Я гадаю, действительно ли ее назначили главной или просто она первой ответила на телефон и вызвалась сама заменить Бьёрне.
– И еще кое-что, – добавляет Манур, – журналисты опять пасут нашего дорогого начальника. Если они будут звонить, нам нельзя с ними общаться. Отвечать, чтобы обращались в главный офис.
– Плохой мальчик опять нашалил? – ухмыляется Ольга.
Манур пожимает плечами:
– Понятия не имею.
Ольга не сдается:
– Твоя подружка в отделе персонала. Ты же говорила, что она его проверяет.
– В финансовом отделе. Да, они проверяют информацию о том, что он устроил свой день рождения за счет компании. Но мне она ничего не рассказывает.
Мой ланч состоит из салата в пластиковой коробке. Креветки такие безвкусные и мелкие, что трудно представить, что они когда-то плавали в море. Больше похоже, что их сделали из муки и бульонного кубика.
Я сижу за компьютером в комнате для персонала. Слева дверь в чулан. Стол завален журналами и пластиковыми мисками. Еще одна миска с креветками на дне стоит в раковине.

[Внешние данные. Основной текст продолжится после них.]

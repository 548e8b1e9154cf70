//! What is drawn of a unit, by its outcome.
//!
//! `drawn_unit` makes a `DrawnUnit` of stream_svg: the types of its slices, its place in output order
//! and the frames that its lists name, or its fault, or that it has no picture. Its contract says
//! each of these. draw_run draws a stream's units by it.

mod lists;
mod types;
mod unit;

pub use unit::drawn_unit;
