//! The session of a stream.

ghost use Rattle.std.specs.Prelude.{◌≡◌, ℕ, ◌++◌, List, [], ◌∷◌, IfErr, IfOk, OnOk, Some, length};
ghost use Rattle.draw_run.specs.Loading.{HasLoaded, IsLoadFault, IsLoaded};
ghost use Rattle.stream_edits.specs.Streams.{start_of};

use crate::fault::EditsFault;
use access_unit::{MOST_UNITS, ReadFault, read_units};
use bytes::Bytes;
use picture_keys::{HashedUnit, hash_units};
use stand_in_session::{Config, ReadEdit, Session};
use std::alloc::{AllocError, Global};
use std::thread::Threads;

/// For how many pictures that no unit has any more the session has room, as a script's has by
/// default.
const CAPACITY: u16 = 64;

/// A session with the stream of this text.
pub(crate) fn loaded(
    threads: &(impl Threads + Sync),
    alloc: Global,
    text: &Bytes,
) -> Result<Session, EditsFault>
    ensures ok { IfOk result (IsLoaded text.now) }
    ensures fault { IfErr result (IsLoadFault text.now) }
{
    match read_units(threads, alloc, text, MOST_UNITS) {
        Ok(units) => Ok(session_of(alloc, hash_units(threads, alloc, units)?)?),
        Err(ReadFault::Refused(refusal)) => Err(EditsFault::Refused(refusal)),
        Err(ReadFault::Memory) => Err(EditsFault::Memory),
    }
}

/// A session whose stream has these units.
fn session_of(alloc: Global, units: Vec<HashedUnit>) -> Result<Session, AllocError>
    ensures { IfOk result (HasLoaded units.items) }
{
    let Ok(mut session) = Session::new(alloc, Config { cache: CAPACITY }) else {
        return Err(AllocError);
    };
    for unit in units {
        insert_last(alloc, unit, &mut session)?;
    }
    Ok(session)
}

/// Inserts a unit after the last one.
fn insert_last(alloc: Global, unit: HashedUnit, session: &mut Session) -> Result<(), AllocError>
    ensures { (parts : List (List (List ℕ))) → HasLoaded parts session.old
        → OnOk result (HasLoaded (parts ++ unit ∷ []) session.new) }
{
    let place = session.end();
    match session.edit_read(ReadEdit::insertion(alloc, place, unit)?) {
        Ok(_) => Ok(()),
        // The stream has room and ids are left, so that memory ran out.
        Err(_) => Err(AllocError),
    }
}
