//! The fold over the units of a stream, with what is kept of those that are drawn.

ghost use Rattle.std.specs.Prelude.{◌≡◌, ◌≢◌, ◌⊎◌, ◌+◌, ◌<◌, ◌≤◌, ◌++◌, [], ◌∷◌, List, length, IfOk, OnOk, true, false, vec_len};
ghost use Rattle.access_unit.specs.StreamUnits.{most_units};
ghost use Rattle.unit_outcomes.specs.References.{is_of_reference};
ghost use Rattle.draw_run.specs.Chosen.{chosen};
ghost use Rattle.draw_run.specs.declared.drawn_fold.KeptUnit.{KeptUnit as KeptUnitValue};

use crate::choice::Choice;
use access_unit::Unit;
use h264_types::pictures::AuId;
use plan_stream::{UnitFold, shown_of};
use request_core::{State, Steps, step};
use std::alloc::{AllocError, Global};
use std::mem::replace;
use unit_outcomes::Outcome;
use unit_outcomes::doubts::{Doubt, DoubtWalk};

/// The fold over the units so far, with what is kept of those that are drawn.
#[derive(Drop)]
pub(crate) struct DrawnFold {
    pub(crate) state: State,
    /// Each unit's outcome, without its requests.
    pub(crate) outcomes: Vec<Outcome>,
    /// What was found of breaks so far.
    pub(crate) walk: DoubtWalk,
    /// What is told of each unit's doubt.
    pub(crate) doubts: Vec<Doubt>,
    pub(crate) choice: Choice,
    /// The units that are drawn.
    pub(crate) kept: Vec<KeptUnit>,
    ghost few: { vec_len outcomes ≤ most_units },
    ghost kept_few: { vec_len kept ≤ 1000 },
}

/// A unit that is drawn.
#[derive(Drop)]
pub(crate) struct KeptUnit {
    pub(crate) id: AuId,
    pub(crate) outcome: Outcome,
}

impl DrawnFold {
    ghost use Rattle.draw_run.specs.Folds.{IsFoldOf};

    /// Before the first unit.
    pub(crate) fn new(alloc: Global, choice: Choice) -> Result<DrawnFold, AllocError>
        ensures folded { IfOk result (λ fold. IsFoldOf fold [] fold) }
        ensures choice { IfOk result (λ fold. fold.choice ≡ choice) }
    {
        let walk = DoubtWalk::new(alloc);
        let doubts = Vec::new(alloc);
        Ok(DrawnFold {
            state: State::new(alloc)?,
            outcomes: Vec::new(alloc),
            walk,
            doubts,
            choice,
            kept: Vec::new(alloc),
        })
    }
}

impl UnitFold for DrawnFold {
    ghost use Rattle.draw_run.specs.Folds.{IsFoldOf};

    ghost folds = { IsFoldOf };

    ghost count = { λ fold. vec_len fold.outcomes };

    fn len(&self) -> usize {
        self.outcomes.len()
    }

    fn add(&mut self, alloc: Global, unit: &Unit) -> Result<(), AllocError> {
        let id = AuId::new(self.outcomes.len() as u32 + 1);
        let mut steps = Steps::new();
        let (state, outcome) = step(alloc, &self.state, id, unit, &mut steps)?;
        let walk = replace(&mut self.walk, DoubtWalk::new(alloc));
        let (walk, doubt) = walk.pass(alloc, id, is_reference(unit), &outcome)?;
        self.walk = walk;
        self.doubts.push(doubt)?;
        self.outcomes.push(shown_of(alloc, &outcome))?;
        self.state = state;
        keep(&mut self.kept, self.choice, KeptUnit { id, outcome })?;
        Ok(())
    }
}

/// Whether nal_ref_idc of a unit's first slice isn't 0.
fn is_reference(unit: &Unit) -> bool
    ensures { result ≡ is_of_reference unit.now }
{
    match unit.slices() {
        [] => false,
        [slice, ..] => slice.nal().nal_ref_idc() != 0,
    }
}

/// Keeps the unit where it is drawn.
fn keep(kept: &mut Vec<KeptUnit>, choice: Choice, unit: KeptUnit) -> Result<(), AllocError>
    requires { vec_len kept.old ≤ 1000 }
    ensures few { vec_len kept.new ≤ 1000 }
    ensures kept { (all : List KeptUnitValue) → kept.old.items ≡ chosen choice.from choice.units all
        → unit.id ≡ length all + 1
        → OnOk result (kept.new.items ≡ chosen choice.from choice.units (all ++ unit ∷ [])) }
{
    if !is_shown(choice, unit.id, kept.len()) {
        return Ok(());
    }
    kept.push(unit)?;
    Ok(())
}

/// Whether the unit with this id is drawn, after so many that are.
fn is_shown(choice: Choice, id: AuId, count: usize) -> bool
    ensures yes { result ≡ true → (choice.from ≢ 0) × (choice.from ≤ id) × (count < choice.units) }
    ensures no { result ≡ false → (choice.from ≡ 0)
        ⊎ ((id < choice.from) ⊎ ((choice.from ≤ id) × (choice.units ≤ count))) }
{
    choice.from != 0 && choice.from <= id.number() && count < choice.units
}
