//! The edits of a script, made on a session.

ghost use Rattle.std.specs.Prelude.{◌≡◌, ◌++◌, ℕ, List, IfOk, OnOk, Some, string_bytes};
ghost use Rattle.draw_run.specs.Making.{AreMade, Makes, line_words};
ghost use Rattle.script_run.specs.Answers.{refused_line};
ghost use Rattle.script_run.specs.GroupLines.{group_refused_line};

use edit_script::EditCommand;
use script_run::{GroupRefusedLine, RefusedLine};
use stand_in_session::{Edit, EditRefused, GroupRefused, Session};
use std::alloc::{AllocError, Global};
use std::fmt;
use std::fmt::{Display, Formatter, Write};

/// Makes the edits and groups one after the other, each the command of the line of its number, and
/// gives what is told of those that are refused.
pub(crate) fn make_edits(
    alloc: Global,
    session: &mut Session,
    commands: Vec<(usize, EditCommand)>,
) -> Result<String, AllocError>
    ensures { IfOk result (λ told.
        AreMade session.old commands.items (string_bytes told) session.new) }
{
    let mut told = String::new(alloc);
    for (number, command) in commands {
        make(session, number, command, &mut told)?;
    }
    Ok(told)
}

/// Makes an edit or a group, and adds what is told of it.
fn make(
    session: &mut Session,
    number: usize,
    command: EditCommand,
    told: &mut String,
) -> Result<(), AllocError>
    ensures { OnOk result ((more : List ℕ) × Makes session.old (number, command) more session.new
        × (string_bytes told.new ≡ string_bytes told.old ++ more)) }
{
    match command {
        EditCommand::Edit(edit) => match session.edit(edit) {
            Ok(_) => Ok(()),
            Err(EditRefused::Memory) => Err(AllocError),
            Err(refused) => tell_edit(told, number, refused),
        },
        EditCommand::Group(edits) => match session.edit_group(edits) {
            Ok(_) => Ok(()),
            Err(GroupRefused::Memory) => Err(AllocError),
            Err(refused) => tell_group(told, number, refused),
        },
    }
}

/// Tells why the edit of this line is refused.
fn tell_edit(told: &mut String, number: usize, refused: EditRefused) -> Result<(), AllocError>
    ensures { OnOk result (string_bytes told.new
        ≡ string_bytes told.old ++ (line_words number ++ refused_line refused)) }
{
    told.write(LineWords(number))?;
    told.write(RefusedLine(refused))
}

/// Tells why the group of this line is refused.
fn tell_group(told: &mut String, number: usize, refused: GroupRefused) -> Result<(), AllocError>
    ensures { OnOk result (string_bytes told.new
        ≡ string_bytes told.old ++ (line_words number ++ group_refused_line refused)) }
{
    told.write(LineWords(number))?;
    told.write(GroupRefusedLine(refused))
}

/// The words for the line of a script that has this number.
#[derive(Drop)]
struct LineWords(usize);

impl Display for LineWords {
    ghost output = { λ words. Some (line_words words.0) };

    fn fmt<W: Write>(&self, f: &mut Formatter<W>) -> fmt::Result {
        let number = self.0;
        write!(f, "line {number}: ")
    }
}
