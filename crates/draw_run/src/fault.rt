//! Why a stream isn't drawn after edits.

ghost use Rattle.std.specs.Prelude.{◌≡◌};
ghost use Rattle.console_io.specs.Messages.{Tells};
ghost use Rattle.draw_run.specs.EditedDrawings.{edits_fault_text, fault_of_script};
ghost use Rattle.draw_run.specs.declared.fault.EditsFault.TheVariants.{Memory};

use access_unit::Refusal;
use console_io::{PrintFault, Sink};
use edit_script::ScriptFault;
use script_run::{RunFault, say_run_fault};
use stand_in_session::TakeRefused;
use std::alloc::AllocError;

/// Why a stream isn't drawn after edits.
#[derive(Clone, Copy, Debug, PartialEq, Eq)]
pub enum EditsFault {
    /// The line of this number, from 1, is the first of the script that is no edit.
    Script(usize),
    /// The stream is refused, and the line that says why is printed.
    Refused(Refusal),
    /// A growth was refused.
    Memory,
    /// The writer takes no more.
    Unwritten,
}

impl From<AllocError> for EditsFault {
    ghost from_gives = { λ _ fault. fault ≡ Memory };

    fn from(_error: AllocError) -> EditsFault {
        EditsFault::Memory
    }
}

// A stream has far fewer units than jobs have numbers, so that memory ran out.
impl From<TakeRefused> for EditsFault {
    ghost from_gives = { λ _ fault. fault ≡ Memory };

    fn from(_refused: TakeRefused) -> EditsFault {
        EditsFault::Memory
    }
}

impl From<ScriptFault> for EditsFault {
    ghost from_gives = { λ script fault. fault ≡ fault_of_script script };

    fn from(fault: ScriptFault) -> EditsFault {
        match fault {
            ScriptFault::Line(number) => EditsFault::Script(number),
            ScriptFault::Memory => EditsFault::Memory,
        }
    }
}

/// Says why a stream isn't drawn after edits. A refusal is printed where the drawing would be, and
/// a writer that takes no more is known to who reads it.
pub(crate) fn say_edits_fault<E: Sink>(fault: EditsFault, errors: &mut E) -> Result<(), PrintFault>
    ensures { Tells result (E.refuses errors.new) (E.contents errors.old) (E.contents errors.new)
        (edits_fault_text fault) }
{
    match fault {
        EditsFault::Script(number) => say_run_fault(RunFault::Script(number), errors),
        EditsFault::Memory => say_run_fault(RunFault::Memory, errors),
        EditsFault::Refused(_) | EditsFault::Unwritten => say_run_fault(
            RunFault::Unwritten,
            errors,
        ),
    }
}
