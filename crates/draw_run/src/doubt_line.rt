//! What is said of a unit in doubt.

ghost use Rattle.std.specs.Prelude.{◌≡◌, ◌++◌, OnOk, Some, string_bytes};
ghost use Rattle.draw_run.specs.Doubts.{doubt_in, doubt_line, follows_line, follows_words};

use h264_types::pictures::AuId;
use std::alloc::AllocError;
use std::fmt;
use std::fmt::{Display, Formatter, Write};
use unit_outcomes::doubts::Doubt;

/// What is told of the unit with an id, in a stream whose ids are 1, 2, 3 and so on, of all that is
/// told of it.
pub(crate) fn doubt_in(doubts: &[Doubt], id: AuId) -> Doubt
    ensures { result ≡ doubt_in doubts.now id }
{
    let none = Doubt {
        follows: None,
        in_doubt: false,
    };
    let Some(place) = id.number().checked_sub(1) else {
        return none;
    };
    match doubts.get(place as usize) {
        Some(doubt) => *doubt,
        None => none,
    }
}

/// Adds the line of a unit in doubt to what is said of it.
pub(crate) fn add_doubt(lines: &mut String, doubt: &Doubt) -> Result<(), AllocError>
    ensures { OnOk result (string_bytes lines.new
        ≡ string_bytes lines.old ++ doubt_line doubt.now) }
{
    if !doubt.in_doubt {
        return Ok(());
    }
    add_follows(lines, doubt.follows)
}

/// Adds the line that says which break a unit in doubt follows.
fn add_follows(lines: &mut String, follows: Option<AuId>) -> Result<(), AllocError>
    ensures { OnOk result (string_bytes lines.new
        ≡ string_bytes lines.old ++ follows_line follows) }
{
    match follows {
        Some(id) => add_line(lines, id.number()),
        None => Ok(()),
    }
}

/// Adds the line of a unit that follows the one of this number.
fn add_line(lines: &mut String, number: u32) -> Result<(), AllocError>
    ensures { OnOk result (string_bytes lines.new
        ≡ string_bytes lines.old ++ follows_words number) }
{
    lines.write(FollowsLine(number))
}

/// The line of a unit that follows the one of this number.
#[derive(Drop)]
struct FollowsLine(u32);

impl Display for FollowsLine {
    ghost output = { λ line. Some (follows_words line.0) };

    fn fmt<W: Write>(&self, f: &mut Formatter<W>) -> fmt::Result {
        let number = self.0;
        write!(f, "in doubt: follows the fault of unit {number}\n")
    }
}
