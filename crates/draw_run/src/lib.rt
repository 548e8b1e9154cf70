//! `preview draw`: a stream read, planned and drawn, as it is or after the edits of a script.
//!
//! `draw_on` has plan_stream read a byte stream to its end, folds each access unit once, and keeps
//! what is drawn alone; then it writes the document, or the line of the stream's refusal.
//! `draw_edited` makes a session of the stream with all its pictures held, marks the stream, makes
//! the script's edits on it, and writes the document of the stream that they leave: it shows of each
//! unit whether it is altered since, and whether its picture is held or pending. A unit in doubt is
//! shown so, and said to follow the fault that it follows. What is read and written is generic.
//! Below are stream_svg, plan_stream, edit_script and stand_in_session; above is cli.
#![tactic(auto)]

mod choice;
mod document;
mod doubt_line;
mod draw;
mod drawn;
mod drawn_fold;
mod edited;
mod edits;
mod fault;
mod loading;
mod settling;
mod shown;
pub mod unit_drawing;

pub use choice::{Choice, EditedChoice};
pub use draw::draw_on;
pub use edited::draw_edited;
pub use stream_svg::MOST_UNITS as MOST_DRAWN;
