//! The document of a stream after edits.

ghost use Rattle.std.specs.Prelude.{◌≡◌, ◌<◌, ◌≤◌, ◌+◌, IfOk, IfSome, length, string_bytes, take, drop};
ghost use Rattle.stand_in_session.specs.Machines.{Machine};
ghost use Rattle.stream_edits.specs.Streams.{place_among};
ghost use Rattle.stream_session.specs.Altered.{with_mark};
ghost use Rattle.draw_run.specs.Choosing.{start_among};
ghost use Rattle.draw_run.specs.EditedDrawings.{IsDrawnOf};
ghost use Rattle.draw_run.specs.Making.{AreMade};

use crate::choice::EditedChoice;
use crate::edits::make_edits;
use crate::shown::shown_units;
use edit_script::EditCommand;
use h264_types::pictures::AuId;
use stand_in_session::Session;
use std::alloc::{AllocError, Global};
use stream_svg::{document, lay_out};

/// A document, and what is told of the edits that were refused before it was made.
#[derive(Drop)]
pub(crate) struct EditedDrawing {
    pub(crate) document: Vec<u8>,
    pub(crate) told: String,
}

/// Marks the session's stream, makes the edits on it, and the document of the stream that they
/// leave.
pub(crate) fn edited_drawing(
    alloc: Global,
    choice: EditedChoice,
    mut session: Session,
    commands: Vec<(usize, EditCommand)>,
) -> Result<EditedDrawing, AllocError>
    ensures { IfOk result (λ drawing. (after : Machine)
        × AreMade (with_mark session) commands.items (string_bytes drawing.told) after
        × IsDrawnOf choice.from choice.units after drawing.document.items) }
{
    session.mark()?;
    let told = make_edits(alloc, &mut session, commands)?;
    let document = document_of(alloc, choice, &session)?;
    Ok(EditedDrawing { document, told })
}

/// The document of the chosen units.
fn document_of(
    alloc: Global,
    choice: EditedChoice,
    session: &Session,
) -> Result<Vec<u8>, AllocError>
    ensures { IfOk result (λ document.
        IsDrawnOf choice.from choice.units session.now document.items) }
{
    let ids = session.ids();
    let start = start_among(ids, choice.from);
    let chosen = chosen_from(ids, start, choice);
    let doubts = session.doubts(start, chosen.len())?;
    let shown = shown_units(alloc, session, chosen, &doubts)?;
    let layout = lay_out(alloc, &shown.units)?;
    document(
        alloc,
        &layout,
        &shown.units,
        &shown.captions,
        ids.len(),
        true,
    )
}

/// The place of the first of the chosen units; past all where none is chosen.
fn start_among(ids: &[AuId], from: Option<u32>) -> usize
    ensures value { result ≡ start_among from ids.now }
    ensures within { result ≤ length ids.now }
{
    match from {
        Some(number) => match place_of(ids, AuId::new(number)) {
            Some(place) => place,
            None => ids.len(),
        },
        None => 0,
    }
}

/// The place of the id, if it is among them.
#[tactic(auto, unfolding(stream_edits::specs::Streams::place_among))]
fn place_of(ids: &[AuId], id: AuId) -> Option<usize>
    ensures value { result ≡ place_among ids.now id }
    ensures inside { IfSome result (λ at. at < length ids.now) }
{
    ids.iter().position(|other| *other == id)
}

/// The ids of the chosen units, of which this is the place of the first.
fn chosen_from(ids: &[AuId], start: usize, choice: EditedChoice) -> &[AuId]
    requires { start ≤ length ids.now }
    ensures value { result.now ≡ take choice.units (drop start ids.now) }
    ensures few { length result.now ≤ 1000 }
    ensures within { start + length result.now ≤ length ids.now }
{
    let ids = &ids[start..];
    &ids[..choice.units.min(ids.len())]
}
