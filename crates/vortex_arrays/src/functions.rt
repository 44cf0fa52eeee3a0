//! The shipped functions' calls over arrays.
ghost use Rattle.std.specs.Prelude.{◌∷◌, []};
ghost use Rattle.vortex_operators.specs.declared.operators.Operator.{Operator};
ghost use Rattle.vortex_operators.specs.declared.between.BetweenOptions.{BetweenOptions};
ghost use Rattle.vortex_like.specs.declared.options.LikeOptions.{LikeOptions};
ghost use Rattle.vortex_interface.specs.Shipped.{Shipped};
ghost use Rattle.vortex_arrays.specs.Words.{AnswersUnlessMemory, AnswersCallOfRows};
ghost use Rattle.vortex_arrays.specs.Words.{AnswersOperands};
ghost use Rattle.vortex_arrays.specs.Words.{IsArrayCall, function_of, ours, rows_in};

use crate::call::ScalarFnArray;
use std::alloc::Global;
use vortex_columns::VortexResult;
use vortex_functions::{ArrayRef, ScalarFnRef};
use vortex_interface::ScalarFnVTable;
use vortex_kernels::{BetweenOptions, Operator};
use vortex_like::LikeOptions;
use vortex_shipped::{Between, Binary, Cast, IsNotNull, IsNull, Like, Not};

/// A function of one argument that does not accept all types.
pub trait UnaryCall {
    ghost unary: { Shipped };

    /// The call on one array. E3 exactly if its type is not accepted.
    fn try_new<C: ScalarFnVTable>(
        alloc: Global,
        input: ArrayRef<C>,
    ) -> VortexResult<ScalarFnArray<C>>
        ensures { AnswersOperands C.meaning (ours unary) (input ∷ []) (rows_in input) result };
}

/// A function of one argument that accepts all types.
pub trait NullTestCall {
    ghost null_test: { Shipped };

    /// The call on one array. Fails only where memory runs out.
    fn new<C: ScalarFnVTable>(alloc: Global, input: ArrayRef<C>) -> VortexResult<ScalarFnArray<C>>
        ensures { AnswersUnlessMemory result
            (IsArrayCall C.meaning (ours null_test) (input ∷ []) (rows_in input)) };
}

/// A function of two arguments and an operator.
pub trait BinaryCall {
    ghost binary: { Operator → Shipped };

    /// The call on two arrays: E2 if the right one has another row count, then E3 if the types are
    /// not accepted.
    fn try_new<C: ScalarFnVTable>(
        alloc: Global,
        lhs: ArrayRef<C>,
        rhs: ArrayRef<C>,
        operator: Operator,
    ) -> VortexResult<ScalarFnArray<C>>
        ensures { AnswersOperands C.meaning (ours (binary operator)) (lhs ∷ rhs ∷ []) (rows_in lhs)
            result };
}

/// A function of a value and its bounds.
pub trait BetweenCall {
    ghost between: { BetweenOptions → Shipped };

    /// The call on three arrays: E2 if a bound has another row count than the first array, then E3
    /// if the types are not accepted.
    fn try_new<C: ScalarFnVTable>(
        alloc: Global,
        array: ArrayRef<C>,
        lower: ArrayRef<C>,
        upper: ArrayRef<C>,
        options: BetweenOptions,
    ) -> VortexResult<ScalarFnArray<C>>
        ensures { AnswersOperands C.meaning (ours (between options)) (array ∷ lower ∷ upper ∷ [])
            (rows_in array) result };
}

/// A function of a text and a pattern.
pub trait LikeCall {
    ghost like: { LikeOptions → Shipped };

    /// The call on two arrays: E2 if the pattern has another row count, then E3 if the types are
    /// not accepted.
    fn try_new<C: ScalarFnVTable>(
        alloc: Global,
        input: ArrayRef<C>,
        pattern: ArrayRef<C>,
        options: LikeOptions,
    ) -> VortexResult<ScalarFnArray<C>>
        ensures { AnswersOperands C.meaning (ours (like options)) (input ∷ pattern ∷ [])
            (rows_in input) result };
}

/// The call of a function of one argument.
fn call_of_one<C: ScalarFnVTable>(
    alloc: Global,
    function: ScalarFnRef<C>,
    input: ArrayRef<C>,
) -> VortexResult<ScalarFnArray<C>>
    ensures { AnswersCallOfRows C.meaning (function_of function) (input ∷ []) (rows_in input)
        result }
{
    let mut children = Vec::new(alloc);
    children.push(input)?;
    ScalarFnArray::try_new(alloc, function, children)
}

/// The call of a function of two arguments.
fn call_of_two<C: ScalarFnVTable>(
    alloc: Global,
    function: ScalarFnRef<C>,
    first: ArrayRef<C>,
    second: ArrayRef<C>,
) -> VortexResult<ScalarFnArray<C>>
    ensures { AnswersCallOfRows C.meaning (function_of function) (first ∷ second ∷ [])
        (rows_in first) result }
{
    let mut children = Vec::new(alloc);
    children.push(first)?;
    children.push(second)?;
    ScalarFnArray::try_new(alloc, function, children)
}

/// The call of a function of three arguments.
fn call_of_three<C: ScalarFnVTable>(
    alloc: Global,
    function: ScalarFnRef<C>,
    first: ArrayRef<C>,
    second: ArrayRef<C>,
    third: ArrayRef<C>,
) -> VortexResult<ScalarFnArray<C>>
    ensures { AnswersCallOfRows C.meaning (function_of function) (first ∷ second ∷ third ∷ [])
        (rows_in first) result }
{
    let mut children = Vec::new(alloc);
    children.push(first)?;
    children.push(second)?;
    children.push(third)?;
    ScalarFnArray::try_new(alloc, function, children)
}

impl UnaryCall for Not {
    ghost use Rattle.vortex_interface.specs.Shipped as shipped;

    ghost unary = { shipped.Not };

    fn try_new<C: ScalarFnVTable>(
        alloc: Global,
        input: ArrayRef<C>,
    ) -> VortexResult<ScalarFnArray<C>> {
        call_of_one(alloc, ScalarFnRef::Not, input)
    }
}

impl UnaryCall for Cast {
    ghost use Rattle.vortex_interface.specs.Shipped as shipped;

    ghost unary = { shipped.Cast };

    fn try_new<C: ScalarFnVTable>(
        alloc: Global,
        input: ArrayRef<C>,
    ) -> VortexResult<ScalarFnArray<C>> {
        call_of_one(alloc, ScalarFnRef::Cast, input)
    }
}

impl NullTestCall for IsNull {
    ghost use Rattle.vortex_interface.specs.Shipped as shipped;

    ghost null_test = { shipped.IsNull };

    fn new<C: ScalarFnVTable>(alloc: Global, input: ArrayRef<C>) -> VortexResult<ScalarFnArray<C>> {
        call_of_one(alloc, ScalarFnRef::IsNull, input)
    }
}

impl NullTestCall for IsNotNull {
    ghost use Rattle.vortex_interface.specs.Shipped as shipped;

    ghost null_test = { shipped.IsNotNull };

    fn new<C: ScalarFnVTable>(alloc: Global, input: ArrayRef<C>) -> VortexResult<ScalarFnArray<C>> {
        call_of_one(alloc, ScalarFnRef::IsNotNull, input)
    }
}

impl BinaryCall for Binary {
    ghost use Rattle.vortex_interface.specs.Shipped as shipped;

    ghost binary = { shipped.Binary };

    fn try_new<C: ScalarFnVTable>(
        alloc: Global,
        lhs: ArrayRef<C>,
        rhs: ArrayRef<C>,
        operator: Operator,
    ) -> VortexResult<ScalarFnArray<C>> {
        call_of_two(alloc, ScalarFnRef::Binary(operator), lhs, rhs)
    }
}

impl BetweenCall for Between {
    ghost use Rattle.vortex_interface.specs.Shipped as shipped;

    ghost between = { shipped.Between };

    fn try_new<C: ScalarFnVTable>(
        alloc: Global,
        array: ArrayRef<C>,
        lower: ArrayRef<C>,
        upper: ArrayRef<C>,
        options: BetweenOptions,
    ) -> VortexResult<ScalarFnArray<C>> {
        call_of_three(alloc, ScalarFnRef::Between(options), array, lower, upper)
    }
}

impl LikeCall for Like {
    ghost use Rattle.vortex_interface.specs.Shipped as shipped;

    ghost like = { shipped.Like };

    fn try_new<C: ScalarFnVTable>(
        alloc: Global,
        input: ArrayRef<C>,
        pattern: ArrayRef<C>,
        options: LikeOptions,
    ) -> VortexResult<ScalarFnArray<C>> {
        call_of_two(alloc, ScalarFnRef::Like(options), input, pattern)
    }
}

Я вытираю руки салфеткой, подвигаю клавиатуру и гуглю Йеспера Орре. Первая статья в результатах поиска: «Йеспер Орре обвиняется в сексуальных домогательствах». Я открываю статью. Женщина, которая несколько лет «работала с Йеспером», обвиняет его в приставаниях. В статье не написано, кто она и где работает, но, судя по всему, она из главного офиса. Может, секретарша, может, маркетолог. Йеспер и компания не комментируют обвинения, но «надежные источники информации» сообщают, что в компании проводится внутреннее расследование. Я обдумываю прочитанное. Почему-то статья выводит меня из себя. Йеспер часто рассказывал, как ему приходится нелегко. Что все люди в его окружении делятся на две группы. Первую он называл люди-да. Они старались быть ближе к нему. Вторую – люди-нет. Они все время ставили ему палки в колеса. Иногда люди-да превращались в людей-нет, когда не получали от него того, чего хотели. Полагаю, женщина принадлежала ко второй группе. Йеспер – желанная добыча. Обвинение в сексуальных домогательствах – прекрасный способ отомстить за обиды и привлечь к себе внимание. Йеспер был прав. Быть наверху трудно и одиноко. Никому нельзя доверять. Но что, если я ошибаюсь? Что, если я знаю его не так хорошо, как мне кажется?
Я смотрю на текст на экране. Мое внимание привлекает имя в самом низу. Андерс Йонссон. Почему оно кажется мне знакомым? Где я могла его слышать? И тут меня осеняет. Это тот самый журналист, который приходил в магазин и хотел расспросить меня об условиях труда. У меня осталась его визитка. Она лежит в хлебной банке вместе со счетами.
Манур входит в комнату и садится напротив.
– Что ты делаешь? – спрашивает она. Я быстро закрываю браузер.
– Ничего особенного. Интернет дома не работает. Она кивает.
– Все в порядке? – спрашиваю я. – Ты сильно разозлилась на Ольгу.
Манур вздыхает и закатывает глаза.
– У Ольги такие старомодные представления о женщинах. Они меня жутко бесят. Иногда кажется, что она приехала сюда прямо из девятнадцатого века. Согласна?
Я задумываюсь. Ольга необычная, это правда. Я раньше не обращала внимания на ее взгляды о роли женщины. Но она довольно бесчувственная. Некоторые ее замечания больнее пощечин.
– Я об этом не задумывалась, – признаюсь я.
– А я да.
– Можно мне уйти пораньше сегодня? – спрашиваю я.